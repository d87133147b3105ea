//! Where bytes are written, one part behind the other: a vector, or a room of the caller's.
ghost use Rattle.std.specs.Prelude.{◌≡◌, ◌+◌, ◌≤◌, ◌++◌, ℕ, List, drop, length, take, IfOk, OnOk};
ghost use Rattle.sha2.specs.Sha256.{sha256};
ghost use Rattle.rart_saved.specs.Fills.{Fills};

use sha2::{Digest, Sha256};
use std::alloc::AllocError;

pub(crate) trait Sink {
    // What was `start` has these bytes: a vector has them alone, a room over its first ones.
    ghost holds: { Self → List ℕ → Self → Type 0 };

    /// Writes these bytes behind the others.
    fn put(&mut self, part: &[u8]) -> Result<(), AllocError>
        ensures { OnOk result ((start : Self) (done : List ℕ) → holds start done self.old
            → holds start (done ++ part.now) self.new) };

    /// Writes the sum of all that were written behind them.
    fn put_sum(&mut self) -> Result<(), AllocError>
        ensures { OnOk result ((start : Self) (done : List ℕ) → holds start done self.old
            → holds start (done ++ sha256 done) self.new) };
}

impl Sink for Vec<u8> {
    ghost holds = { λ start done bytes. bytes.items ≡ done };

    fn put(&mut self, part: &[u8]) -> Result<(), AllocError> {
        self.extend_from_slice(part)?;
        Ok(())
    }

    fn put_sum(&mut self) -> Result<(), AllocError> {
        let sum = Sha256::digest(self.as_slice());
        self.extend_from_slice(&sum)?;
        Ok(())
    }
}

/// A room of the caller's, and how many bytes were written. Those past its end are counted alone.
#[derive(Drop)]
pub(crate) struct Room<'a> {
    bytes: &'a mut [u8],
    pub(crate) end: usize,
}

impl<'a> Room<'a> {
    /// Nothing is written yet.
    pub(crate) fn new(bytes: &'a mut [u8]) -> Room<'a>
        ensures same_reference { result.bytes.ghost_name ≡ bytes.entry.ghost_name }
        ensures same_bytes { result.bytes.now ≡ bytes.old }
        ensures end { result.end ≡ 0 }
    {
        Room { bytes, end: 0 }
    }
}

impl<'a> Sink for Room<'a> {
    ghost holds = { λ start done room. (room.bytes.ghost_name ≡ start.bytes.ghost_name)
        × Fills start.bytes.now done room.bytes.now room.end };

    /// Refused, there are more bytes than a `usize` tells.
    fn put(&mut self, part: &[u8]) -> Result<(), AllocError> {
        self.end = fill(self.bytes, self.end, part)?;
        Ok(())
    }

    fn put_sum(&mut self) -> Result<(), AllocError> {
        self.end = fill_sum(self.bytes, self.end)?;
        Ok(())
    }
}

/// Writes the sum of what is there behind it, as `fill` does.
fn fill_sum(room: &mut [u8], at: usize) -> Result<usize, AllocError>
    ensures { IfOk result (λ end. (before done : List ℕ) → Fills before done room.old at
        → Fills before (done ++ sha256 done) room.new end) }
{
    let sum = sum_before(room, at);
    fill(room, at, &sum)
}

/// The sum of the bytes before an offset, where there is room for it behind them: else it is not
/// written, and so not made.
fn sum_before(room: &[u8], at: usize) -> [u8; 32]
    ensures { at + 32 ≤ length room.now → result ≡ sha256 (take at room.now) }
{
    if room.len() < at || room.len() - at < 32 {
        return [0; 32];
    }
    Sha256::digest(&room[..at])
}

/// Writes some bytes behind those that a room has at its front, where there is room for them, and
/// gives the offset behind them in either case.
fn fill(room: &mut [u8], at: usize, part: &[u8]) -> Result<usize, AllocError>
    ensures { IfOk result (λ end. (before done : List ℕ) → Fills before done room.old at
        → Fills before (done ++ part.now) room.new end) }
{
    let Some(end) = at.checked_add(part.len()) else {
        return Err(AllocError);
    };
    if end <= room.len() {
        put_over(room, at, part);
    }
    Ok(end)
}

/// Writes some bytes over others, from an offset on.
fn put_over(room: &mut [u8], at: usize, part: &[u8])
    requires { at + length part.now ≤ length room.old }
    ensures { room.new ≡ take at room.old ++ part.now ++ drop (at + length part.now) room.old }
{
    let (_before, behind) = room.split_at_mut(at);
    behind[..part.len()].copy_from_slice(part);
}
...
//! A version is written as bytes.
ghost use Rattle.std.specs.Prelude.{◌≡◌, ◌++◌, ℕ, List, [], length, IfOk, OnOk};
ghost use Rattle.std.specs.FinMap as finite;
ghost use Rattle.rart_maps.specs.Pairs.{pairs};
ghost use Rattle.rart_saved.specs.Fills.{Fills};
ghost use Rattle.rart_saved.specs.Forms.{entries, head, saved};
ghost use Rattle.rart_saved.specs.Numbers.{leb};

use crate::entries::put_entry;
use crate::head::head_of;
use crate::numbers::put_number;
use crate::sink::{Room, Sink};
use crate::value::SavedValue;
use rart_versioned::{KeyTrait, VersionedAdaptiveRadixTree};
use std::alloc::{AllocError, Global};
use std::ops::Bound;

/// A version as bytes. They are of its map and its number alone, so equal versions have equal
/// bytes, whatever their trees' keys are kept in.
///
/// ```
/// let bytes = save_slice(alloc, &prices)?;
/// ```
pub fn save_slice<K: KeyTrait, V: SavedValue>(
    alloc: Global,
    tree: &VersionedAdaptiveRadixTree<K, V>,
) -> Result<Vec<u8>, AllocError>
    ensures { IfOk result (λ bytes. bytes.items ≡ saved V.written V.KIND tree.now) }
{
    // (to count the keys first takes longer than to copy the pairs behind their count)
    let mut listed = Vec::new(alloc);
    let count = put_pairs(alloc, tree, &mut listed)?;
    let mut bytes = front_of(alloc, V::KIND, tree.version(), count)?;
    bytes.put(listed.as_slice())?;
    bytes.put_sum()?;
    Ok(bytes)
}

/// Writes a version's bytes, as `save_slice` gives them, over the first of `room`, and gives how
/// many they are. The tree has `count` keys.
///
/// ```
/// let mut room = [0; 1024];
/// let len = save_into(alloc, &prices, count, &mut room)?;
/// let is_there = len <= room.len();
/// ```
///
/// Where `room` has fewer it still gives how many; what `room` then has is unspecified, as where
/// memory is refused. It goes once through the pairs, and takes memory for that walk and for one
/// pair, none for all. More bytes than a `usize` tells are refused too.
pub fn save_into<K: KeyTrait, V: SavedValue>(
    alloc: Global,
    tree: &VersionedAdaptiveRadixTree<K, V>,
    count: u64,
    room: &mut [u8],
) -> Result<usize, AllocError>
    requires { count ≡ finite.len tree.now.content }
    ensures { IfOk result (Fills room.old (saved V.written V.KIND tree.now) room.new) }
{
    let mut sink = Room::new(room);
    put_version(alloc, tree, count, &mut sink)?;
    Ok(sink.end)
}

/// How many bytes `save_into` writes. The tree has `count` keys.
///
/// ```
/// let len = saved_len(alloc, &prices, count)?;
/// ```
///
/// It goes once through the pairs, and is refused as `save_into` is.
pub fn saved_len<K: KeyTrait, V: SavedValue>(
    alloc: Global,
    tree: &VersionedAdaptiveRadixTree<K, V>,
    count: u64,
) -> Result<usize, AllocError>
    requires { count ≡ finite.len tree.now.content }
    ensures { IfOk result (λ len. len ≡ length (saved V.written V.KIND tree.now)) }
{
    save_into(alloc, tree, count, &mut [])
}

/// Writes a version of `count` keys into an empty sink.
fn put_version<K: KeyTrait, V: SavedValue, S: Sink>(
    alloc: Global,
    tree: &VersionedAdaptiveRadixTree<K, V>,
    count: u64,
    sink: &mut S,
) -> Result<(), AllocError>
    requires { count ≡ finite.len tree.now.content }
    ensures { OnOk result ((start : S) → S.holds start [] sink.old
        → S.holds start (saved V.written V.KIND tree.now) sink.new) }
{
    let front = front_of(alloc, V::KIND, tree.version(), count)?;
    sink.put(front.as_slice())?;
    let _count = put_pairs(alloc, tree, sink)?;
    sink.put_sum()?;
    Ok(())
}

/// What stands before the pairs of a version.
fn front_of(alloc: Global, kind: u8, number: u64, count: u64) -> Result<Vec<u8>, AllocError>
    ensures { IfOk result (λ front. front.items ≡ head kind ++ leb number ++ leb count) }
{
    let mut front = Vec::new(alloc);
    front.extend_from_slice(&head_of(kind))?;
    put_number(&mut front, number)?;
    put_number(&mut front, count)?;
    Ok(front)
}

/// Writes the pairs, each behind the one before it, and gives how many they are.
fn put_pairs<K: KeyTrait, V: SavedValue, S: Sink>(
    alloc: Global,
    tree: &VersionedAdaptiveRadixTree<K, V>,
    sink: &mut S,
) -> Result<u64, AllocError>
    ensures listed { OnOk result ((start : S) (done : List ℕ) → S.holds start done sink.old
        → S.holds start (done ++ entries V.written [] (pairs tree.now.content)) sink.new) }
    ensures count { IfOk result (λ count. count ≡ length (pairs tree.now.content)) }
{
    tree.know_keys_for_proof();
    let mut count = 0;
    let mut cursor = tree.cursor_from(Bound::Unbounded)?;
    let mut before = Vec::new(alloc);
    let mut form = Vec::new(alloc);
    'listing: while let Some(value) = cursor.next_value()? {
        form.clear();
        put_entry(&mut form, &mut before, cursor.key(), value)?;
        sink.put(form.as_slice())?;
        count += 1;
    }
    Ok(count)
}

(Task item): The entries above hold the needed span. Transcribe exactly the lines from the one with "fn fill_sum(room: &mut" to the one with "if end <= room.len()", both included.

(Exercise solution):
fn fill_sum(room: &mut [u8], at: usize) -> Result<usize, AllocError>
    ensures { IfOk result (λ end. (before done : List ℕ) → Fills before done room.old at
        → Fills before (done ++ sha256 done) room.new end) }
{
    let sum = sum_before(room, at);
    fill(room, at, &sum)
}

/// The sum of the bytes before an offset, where there is room for it behind them: else it is not
/// written, and so not made.
fn sum_before(room: &[u8], at: usize) -> [u8; 32]
    ensures { at + 32 ≤ length room.now → result ≡ sha256 (take at room.now) }
{
    if room.len() < at || room.len() - at < 32 {
        return [0; 32];
    }
    Sha256::digest(&room[..at])
}

/// Writes some bytes behind those that a room has at its front, where there is room for them, and
/// gives the offset behind them in either case.
fn fill(room: &mut [u8], at: usize, part: &[u8]) -> Result<usize, AllocError>
    ensures { IfOk result (λ end. (before done : List ℕ) → Fills before done room.old at
        → Fills before (done ++ part.now) room.new end) }
{
    let Some(end) = at.checked_add(part.len()) else {
        return Err(AllocError);
    };
    if end <= room.len() {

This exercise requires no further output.